--- Action item ---
The response must reproduce exactly every line of the material below holding the word "write".

--- Data for this exercise ---
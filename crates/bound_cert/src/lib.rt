//! Certificates of plans: their types, their texts both ways, and what makes one valid.
#![tactic(auto)]

pub mod doc_error;
pub mod document;
pub mod heading;
mod heading_reading;
pub mod laws;
mod line_list;
pub mod line_reading;
pub mod multipliers;
pub mod node_line;
mod node_reading;
pub mod place;
pub mod read;
pub mod set_text;
pub mod text_line;
mod words;
pub mod write;

pub use doc_error::DocError;
pub use document::Document;
pub use heading::{Answer, Claimed, Heading, Pins};
pub use laws::certificate_laws;
pub use line_reading::read_line;
pub use multipliers::{Give, Gives, Multipliers};
pub use node_line::{NodeLine, NodeLines};
pub use place::Place;
pub use read::read_document;
pub use set_text::SetText;
pub use text_line::TextLine;
pub use write::{heading_text, node_text, write_document};
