// Multipliers: what proves a bound at a node.
ghost use Rattle.std.specs.Prelude.{◌≡◌};

use std::marker::Model;

/// What a class charges and rewards one of its users. Classes and files are numbered from 0.
#[derive(Clone, Copy, Debug, PartialEq, Eq)]
pub struct Give {
    pub class: u32,
    pub file: u32,
    pub charge: u128,
    pub reward: u128,
}

/// Gives in order.
#[derive(Drop)]
pub struct Gives {
    list: Vec<Give>,
}

impl Model for Gives {
    ghost use Rattle.std.specs.Prelude.{List};
    ghost use Rattle.bound_cert.specs.declared.multipliers.Give.{Give};

    ghost Value = { List Give };

    ghost view = { λ g. g.list.items };
}

impl Gives {
    /// Gives from their list.
    pub fn new(list: Vec<Give>) -> Self
        ensures { result ≡ list.items }
    {
        Gives { list }
    }

    /// The gives, in order.
    pub fn list(&self) -> &[Give]
        ensures { result.now ≡ self.now }
    {
        &self.list
    }
}

/// What proves a bound at a node: each byte of a class is charged `q` and rewarded `p`, shared by its users.
#[derive(Drop)]
pub struct Multipliers {
    pub p: u64,
    pub q: u64,
    pub gives: Gives,
}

--- Output for this task ---
pub mod write;
pub use write::{heading_text, node_text, write_document};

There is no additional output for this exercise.